Oggi è sempre più difficile fare fumetti, il pubblico è cambiato, legge meno e non gli autori tutti possono permettersi, come lei, di lavorare in piena libertà. Quali sono le ragioni di questa crisi?
Il fumetto lo considero finito. Non mi so spiegare il perché di questa crisi: si dice che la colpa sia del cinema o della televisione, che ‘distrarrebbero’ troppo i lettori. Però il cinema c’è da oltre un secolo, la tv esiste da anni, quindi non credo che le cause siano queste, ma non ne so trovare. Di sicuro è duro oggi cominciare la carriera di fumettista, anche perché i giovani, che prima erano i primi fruitori, adesso ne leggono davvero pochi. Io ho un nipote che vorrebbe fare i fumetti, ma gli dico lasciare stare.

Ha parlato di cinema e tv come possibile causa della crisi del fumetto.
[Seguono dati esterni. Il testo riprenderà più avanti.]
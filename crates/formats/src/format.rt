// Format strings, read character by character.
ghost use Rattle.std.specs.Prelude.{◌≡◌, ℕ, ◌+◌, ◌-◌, ◌*◌, ◌<◌, ◌≤◌, length};
ghost use Rattle.formats.specs.Spelled.{bytes_of, meant, spelled, plain_of, tick_of, clock_of, timed_of, two_chars, one_char, told};

use crate::decimal::number;

// The bytes of a value.
#[derive(Clone, Copy, PartialEq, Eq, Debug)]
pub enum Width {
    One,
    Two,
    Four,
    Eight,
}

impl Width {
    pub fn bytes(self) -> usize
        ensures is { result ≡ bytes_of self }
        ensures low { result ≤ 8 }
    {
        match self {
            Width::One => 1,
            Width::Two => 2,
            Width::Four => 4,
            Width::Eight => 8,
        }
    }
}

// What a primitive value stands for.
#[derive(Clone, Copy, PartialEq, Eq, Debug)]
pub enum Family {
    Signed,
    Unsigned,
    Float,
    Date,
    Time,
    Duration,
    Interval,
}

// A unit of time.
#[derive(Clone, Copy, PartialEq, Eq, Debug)]
pub enum Tick {
    Second,
    Milli,
    Micro,
    Nano,
}

// What a format string spells. A timestamp's zone is a part of the string itself; `wide` offsets have 64 bits
// and others 32: a `Width` would also say that they have 8 or 16.
#[derive(Clone, Copy)]
pub enum Format<'a> {
    Primitive(Family, Width),
    Timestamp { unit: Tick, zone: &'a [u8] },
    Boolean,
    Text { wide: bool },
    View,
    List { wide: bool },
    Map,
    Struct,
    RunEnds,
    FixedList(u32),
}

// A letter that alone spells a primitive.
fn plain(letter: char) -> Option<(Family, Width)>
    ensures { result ≡ plain_of letter }
{
    match letter {
        'c' => Some((Family::Signed, Width::One)),
        'C' => Some((Family::Unsigned, Width::One)),
        's' => Some((Family::Signed, Width::Two)),
        'S' => Some((Family::Unsigned, Width::Two)),
        'e' => Some((Family::Float, Width::Two)),
        'i' => Some((Family::Signed, Width::Four)),
        'I' => Some((Family::Unsigned, Width::Four)),
        'f' => Some((Family::Float, Width::Four)),
        'l' => Some((Family::Signed, Width::Eight)),
        'L' => Some((Family::Unsigned, Width::Eight)),
        'g' => Some((Family::Float, Width::Eight)),
        _ => None,
    }
}

// A letter that spells a unit of time. No `TryFrom`, since no caller would look at its error.
fn tick_of(letter: char) -> Option<Tick>
    ensures { result ≡ tick_of letter }
{
    match letter {
        's' => Some(Tick::Second),
        'm' => Some(Tick::Milli),
        'u' => Some(Tick::Micro),
        'n' => Some(Tick::Nano),
        _ => None,
    }
}

// The width of a time of day.
fn clock(unit: Tick) -> Width
    ensures { result ≡ clock_of unit }
{
    match unit {
        Tick::Second | Tick::Milli => Width::Four,
        Tick::Micro | Tick::Nano => Width::Eight,
    }
}

// Dates, times, durations and intervals: what stands after the `t`.
fn timed(family: char, unit: char) -> Option<(Family, Width)>
    ensures { result ≡ timed_of family unit }
{
    match family {
        'd' => match unit {
            'D' => Some((Family::Date, Width::Four)),
            'm' => Some((Family::Date, Width::Eight)),
            _ => None,
        },
        'i' => match unit {
            'M' => Some((Family::Interval, Width::Four)),
            'D' => Some((Family::Interval, Width::Eight)),
            _ => None,
        },
        't' => {
            let unit = tick_of(unit)?;
            Some((Family::Time, clock(unit)))
        }
        'D' => {
            let _unit = tick_of(unit)?;
            Some((Family::Duration, Width::Eight))
        }
        _ => None,
    }
}

// A format of two letters.
fn two<'a>(first: char, second: char) -> Option<Format<'a>>
    ensures { meant result ≡ two_chars first second }
{
    match first {
        'v' => match second {
            'u' | 'z' => Some(Format::View),
            _ => None,
        },
        '+' => match second {
            'l' => Some(Format::List { wide: false }),
            'L' => Some(Format::List { wide: true }),
            'm' => Some(Format::Map),
            's' => Some(Format::Struct),
            'r' => Some(Format::RunEnds),
            _ => None,
        },
        _ => None,
    }
}

// A format of one letter.
fn one<'a>(letter: char) -> Option<Format<'a>>
    ensures { meant result ≡ one_char letter }
{
    match letter {
        'b' => Some(Format::Boolean),
        'u' | 'z' => Some(Format::Text { wide: false }),
        'U' | 'Z' => Some(Format::Text { wide: true }),
        letter => {
            let (family, width) = plain(letter)?;
            Some(Format::Primitive(family, width))
        }
    }
}

// A format of three letters or more.
fn long<'a>(format: &'a [u8]) -> Option<Format<'a>>
    requires { 3 ≤ length format.now }
    ensures { meant result ≡ spelled format.now }
{
    match format {
        [b't', b's', unit, b':', zone @ ..] => {
            let unit = tick_of(char::from(*unit))?;
            Some(Format::Timestamp { unit, zone })
        }
        [b'+', b'w', b':', digits @ ..] => {
            let n = number(digits)?;
            Some(Format::FixedList(n))
        }
        [b't', family, unit] => {
            let (family, width) = timed(char::from(*family), char::from(*unit))?;
            Some(Format::Primitive(family, width))
        }
        _ => None,
    }
}

// What a format string says, or nothing where it is none of the spellings.
pub fn read_format<'a>(format: &'a [u8]) -> Option<Format<'a>>
    ensures { meant result ≡ told format.now }
{
    match format {
        [] => None,
        [a] => one(char::from(*a)),
        [a, b] => two(char::from(*a), char::from(*b)),
        _ => long(format),
    }
}
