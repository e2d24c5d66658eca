// The kind of a node: what its format says of its layout, without the letters.
ghost use Rattle.std.specs.Prelude.{◌≡◌};
ghost use Rattle.formats.specs.Kinds.{layout, offset_width};
ghost use Rattle.formats.specs.Spelled.{format_meant};

use crate::format::{Format, Width};

// `wide` as in `Format`.
#[derive(Clone, Copy, PartialEq, Eq, Debug, Default)]
pub enum Kind {
    Primitive(Width),
    Boolean,
    Text { wide: bool },
    View,
    List { wide: bool },
    Map,
    #[default]
    Struct,
    RunEnds,
    FixedList(u32),
}

impl From<Format<'_>> for Kind {
    // the kind that a format spells: its layout, and the width of its offsets
    ghost from_gives = { λ format kind. (layout kind ≡ (format_meant format).kind) × (offset_width kind ≡ (format_meant format).offset) };

    fn from(format: Format<'_>) -> Kind {
        match format {
            Format::Primitive(_, width) => Kind::Primitive(width),
            Format::Timestamp { .. } => Kind::Primitive(Width::Eight),
            Format::Boolean => Kind::Boolean,
            Format::Text { wide } => Kind::Text { wide },
            Format::View => Kind::View,
            Format::List { wide } => Kind::List { wide },
            Format::Map => Kind::Map,
            Format::Struct => Kind::Struct,
            Format::RunEnds => Kind::RunEnds,
            Format::FixedList(size) => Kind::FixedList(size),
        }
    }
}
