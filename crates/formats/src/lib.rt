// Format strings: what a spelling says of a node.
#![tactic(auto)]

pub mod decimal;
pub mod format;
pub mod kind;
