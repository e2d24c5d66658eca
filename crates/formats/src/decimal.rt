// Decimal numbers, as the size of a fixed-size list is spelled.
ghost use Rattle.std.specs.Prelude.{◌≡◌, ℕ, ◌+◌, ◌-◌, ◌*◌, ◌<◌, ◌≤◌, length};
ghost use Rattle.formats.specs.Spelled.{digit_of, capped, lifted, digits_from};
ghost use Rattle.columns.specs.Format.{decimal as decimal_of};

// A size is at most so high.
const MOST_SIZE: u32 = 2_147_483_647;

// The value of a digit.
fn digit(letter: char) -> Option<u32>
    ensures { result ≡ digit_of letter }
{
    // by itself, so that the loop below is told of digits as the theory spells them
    letter.to_digit(10)
}

// A number that is not above the highest size.
fn cap(n: u64) -> Option<u32>
    ensures { result ≡ capped n }
{
    u32::try_from(n).ok().filter(|n| *n <= MOST_SIZE)
}

// The number that the digits come to.
fn value(digits: &[u8]) -> Option<u32>
    ensures { result ≡ digits_from digits.now 0 }
{
    let mut n = 0;
    for b in digits {
        let d = digit(char::from(*b))?;
        n = cap(10 * u64::from(n) + u64::from(d))?;
    }
    Some(n)
}

// A decimal number with no leading zero, at most 2,147,483,647.
pub fn number(digits: &[u8]) -> Option<u32>
    ensures { result ≡ lifted (decimal_of digits.now) }
{
    match digits {
        [] => None,
        [_] => value(digits),
        [b'0', ..] => None,
        _ => value(digits),
    }
}
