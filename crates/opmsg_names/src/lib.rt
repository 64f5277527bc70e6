// Checks 22 to 24: names and identifiers that must differ.
#![tactic(auto)]

ghost use Rattle.std.specs.Prelude.{false, List, map, ◌≡◌, ◌+◌, ◌-◌, ◌^◌, ◌<◌, ◌≤◌};
ghost use Rattle.opmsg.specs.Names.{among, distinct, part, identifiers, names_of};
ghost use Rattle.opmsg.specs.Dotted.{found};
ghost use Rattle.opmsg.specs.declared.Section.{Section};
ghost use Rattle.opmsg.specs.Read.{distinct_names};
ghost use Rattle.opmsg.specs.Inner.{judged, Shows, Filled, Flat};
ghost use Rattle.opmsg_body_names.specs.Inner.{Marks};

use opmsg::{Content, Entry, Section};
use opmsg_body_names::{body_names, mark};
use opmsg_dotted::undotted;
use opmsg_identifiers::{at_range, elements, met, reaches};
use refusal::{Reason, Refusal};

// A text that is no name of the elements leads on to a name in their documents, if there are any. Most texts have no dot.
#[tactic(auto, using(opmsg_dotted::proofs::Follow::found_flat, opmsg_dotted::proofs::Follow::found_plain))]
fn leads(elements: &[u8], marks: &[u64; 32], nested: bool, text: &[u8]) -> bool
    requires { Filled elements.now × Marks (names_of elements.now) marks.now × (nested ≡ false → Flat elements.now) × (among (names_of elements.now) text.now ≡ false) }
    ensures { result ≡ found elements.now text.now }
{
    if !nested {
        return false;
    }
    if undotted(text) {
        return false;
    }
    reaches(elements, marks, text)
}

// Check 24, given the body's elements, the marks of their names, and whether documents are among them. An identifier whose mark is met is
// compared, and one with a dot is followed where there is a document.
fn identifiers_differ(
    xs: &[u8],
    elements: &[u8],
    marks: &mut [u64; 32],
    nested: bool,
    entries: &[Entry],
) -> Result<(), Refusal>
    requires { Filled elements.now × Marks (names_of elements.now) marks.old × (nested ≡ false → Flat elements.now) }
    ensures { judged result ≡ distinct 24 (found elements.now) (names_of elements.now) (identifiers xs.now (map (λ x. x.section) entries.now)) }
{
    for (k, entry) in entries.iter().enumerate() {
        if let Section::Sequence { identifier, .. } = entry.section {
            let text = at_range(xs, identifier);
            if mark(marks, text) && met(xs, elements, &entries[..k], text) {
                return Err(Reason::RepeatedIdentifier.at(identifier.start as usize));
            }
            if leads(elements, marks, nested, text) {
                return Err(Reason::RepeatedIdentifier.at(identifier.start as usize));
            }
        }
    }
    Ok(())
}

// Checks 22 to 24 of sections that end at a place and have the bytes xs, by what is kept of them.
pub fn distinct_names(
    end: usize,
    xs: &[u8],
    c: &Content,
    entries: &[Entry; 17],
) -> Result<(), Refusal>
    requires { (c.now.used ≤ 17) × (c.now.body < 2 ^ 32) × Filled (part xs.now (c.now.body + 4) (c.now.body_length - 5)) }
    ensures { (qs : List Section) → Shows qs c.now.body c.now.body_length entries.now c.now.used c.now.sequences → judged result ≡ distinct_names end xs.now qs }
{
    if c.body == 0 {
        return Err(Reason::NoBody.at(end));
    }
    let content = elements(xs, c.body, c.body_length);
    let mut marks: [u64; 32] = [0; 32];
    let nested = body_names(content, c.body + 4, &mut marks)?;
    if c.sequences == 0 {
        return Ok(());
    }
    identifiers_differ(xs, content, &mut marks, nested, &entries[..c.used])
}
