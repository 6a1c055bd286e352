//! The value behind the lock, and its calls.
ghost use Rattle.std.specs.Prelude.{◌≡◌, ◌+◌, ◌<◌, ◌≤◌, ◌^◌, ℕ, List, [], ◌∷◌, length, map, min, Some, None, IfSome, IfNone, IfOk, IfErr, IsErrAnd, OnOk, OnErr, IsTrue};
ghost use Rattle.std.specs.List.{All};
ghost use Rattle.group_filling.specs.Fitting.{AreInRange};
ghost use Rattle.log_index.specs.GoingOn.{may_go_on};
ghost use Rattle.log_blocks.specs.LogState.{durable_lsn};
ghost use Rattle.log_blocks.specs.Opening.{IsLogFault};
ghost use Rattle.log_manager.specs.Payload.{bytes_of};
ghost use Rattle.listed_log.specs.Listed.{IsLogWith};
ghost use Rattle.page_ops.specs.Causes.{Ends, FailsToEnter, FailsToFlush, NoOther, OrConflict, OrTooMany, with_one};
ghost use Rattle.page_ops.specs.Claims.{SessionAgrees, session_alone};
ghost use Rattle.page_ops.specs.Groups.{Each};
ghost use Rattle.page_ops.specs.Outcomes.{CommitsOr, IsConflict, IsCrowd, IsGrant, begun, locked, refused};
ghost use Rattle.page_ops.specs.Seeing.{Enters, IsMoment, Looks, known};
ghost use Rattle.store_model.specs.declared.reply.Outcome.TheVariants as outcomes;
ghost use Rattle.wal_record.specs.Chains.{pages};
ghost use Rattle.wal_record.specs.History.{life_log};
ghost use Rattle.wal_record.specs.Legal.{MayDecline, held};
ghost use Rattle.wal_record.specs.OpenWrites as writes;
ghost use Rattle.wal_record.specs.OpenWrites.{pending};
ghost use Rattle.losers.specs.Losers.{untouched};
ghost use Rattle.wal_record.specs.Rules.{HasSpelling, is_number};
ghost use Rattle.wal_record.specs.declared.entry.Entry.{Entry};
ghost use Rattle.wal_record.specs.declared.record.Record.{Record};
ghost use Rattle.wal_record.specs.declared.record.Record.TheVariants as kinds;
ghost use Rattle.journal.specs.Kept.{IsTold};
ghost use Rattle.journal.specs.State.{BlamesDisk, IsUntouched, KeepsBlocks, KeepsEnd, KeepsRoom, LearnsEnd, calls_of};
ghost use Rattle.journal.specs.Stops.{AreSafe};
ghost use Rattle.journal.specs.Groups.{EndsSession, GroupFollows, IsNext};

use crate::ends::{check_open, make_room, note_fault, tell_durable};
use crate::filling::{append_all, in_range, number_of};
use crate::in_way::loser_in_way;
use books::{PageRight, SessionRight};
use front::{Mark, Pass};
use group_filling::have_numbers;
use life_history::{Counts, History, MOST_ENTRIES};
use listed_log::ListedLog;
use losers::Losers;
use media::Disk;
use page_ops::{Committed, Grant, Life, LogFaults, Rights};
use range_lock::{LockRefused, RangeLocks};
use std::alloc::Global;
use std::cmp::min;
use std::collections::BTreeMap;
use std::marker::{Brand, Model};
use std::sync::ledger::Book;
use store_model::{Fault, KeyRange, List, Lsn, Memory, Mode, Outcome, Pos, Request, TxId};
use wal_record::{End, Entry, Record};
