//! Ordered sets of locks on single keys.
ghost use Rattle.std.specs.Prelude.{◌≡◌, ◌≤◌, ◌↔◌, length, IfOk, OnOk, OnErr, IsTrue, false};
ghost use Rattle.store_model.specs.declared.limits.TheConstants.{KEY_BYTES};
ghost use Rattle.range_lock.specs.Lock.{IsAmong};
ghost use Rattle.range_lock.specs.Among.{Adds, Removes};
ghost use Rattle.range_lock.specs.Point.{IsKey, HaveLength};

use crate::entry::PointEntry;
use std::alloc::AllocError;
use std::collections::BTreeSet;
use store_model::TxId;

/// Whether the transaction's lock on the key of these bytes is in the set.
pub fn has_point<const N: usize>(points: &BTreeSet<PointEntry<N>>, text: &[u8], tx: TxId) -> bool
    requires keys { HaveLength 1 N points.now.keys }
    requires room { N ≤ KEY_BYTES }
    ensures { IsTrue result ↔ IsAmong (record { key = text.now; tx = tx }) points.now.keys }
{
    match PointEntry::new(text, tx) {
        Some(point) => points.contains(&point),
        None => false,
    }
}

/// Puts a transaction's lock on the key of these bytes into the set, and tells whether it is new there. Where memory runs
/// out, the set is as before.
pub fn insert_point<const N: usize>(
    points: &mut BTreeSet<PointEntry<N>>,
    key: &[u8],
    tx: TxId,
) -> Result<bool, AllocError>
    requires is_key { IsKey key.now }
    requires room { length key.now ≤ N }
    ensures ok { OnOk result (Adds points.old.keys points.new.keys (record { key = key.now; tx = tx })) }
    ensures told { IfOk result (λ added. (added ≡ false) ↔ IsAmong (record { key = key.now; tx = tx }) points.old.keys) }
    ensures err { OnErr result (points.new.keys ≡ points.old.keys) }
{
    match PointEntry::new(key, tx) {
        Some(point) => Ok(points.insert(point)?),
        None => unreachable!(),
    }
}

/// Takes the transaction's lock on the key of these bytes out of the set.
pub fn remove_point<const N: usize>(points: &mut BTreeSet<PointEntry<N>>, text: &[u8], tx: TxId)
    requires keys { HaveLength 1 N points.old.keys }
    requires room { N ≤ KEY_BYTES }
    ensures { Removes points.old.keys points.new.keys (record { key = text.now; tx = tx }) }
{
    if let Some(point) = PointEntry::new(text, tx) {
        points.remove(&point);
    }
}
Eppure le sue strisce sono state trasposte sul grande e sul piccolo schermo
La trasposizione televisiva di Valentina mi è interessata poco, non mi è piaciuta molto. Una cosa dignitosa ma nulla più. Anche il film Baba Yaga (tratto dall’albo “Valentina nella stufa” ndr) non mi ha entusiasmato. A me interessa solo il disegno, tutto il contorno poco importa.

E dire che da giovane lei si lamentava di non sapere disegnare corpi femminili...
E’ vero, quando ero bambino avevo questo complesso di non sapere portare su carta le donne. Devo dire che mi sono rifatto…

Cosa le riserva il futuro?
Io sono abbastanza vecchio, al futuro credo poco. Ho quasi settant’anni, certi inconvenienti fisici mi costringono a occuparmi meno che in passato delle mie passioni. Ma per fortuna le mani funzionano bene, e mi sembra di essere ancora bravo.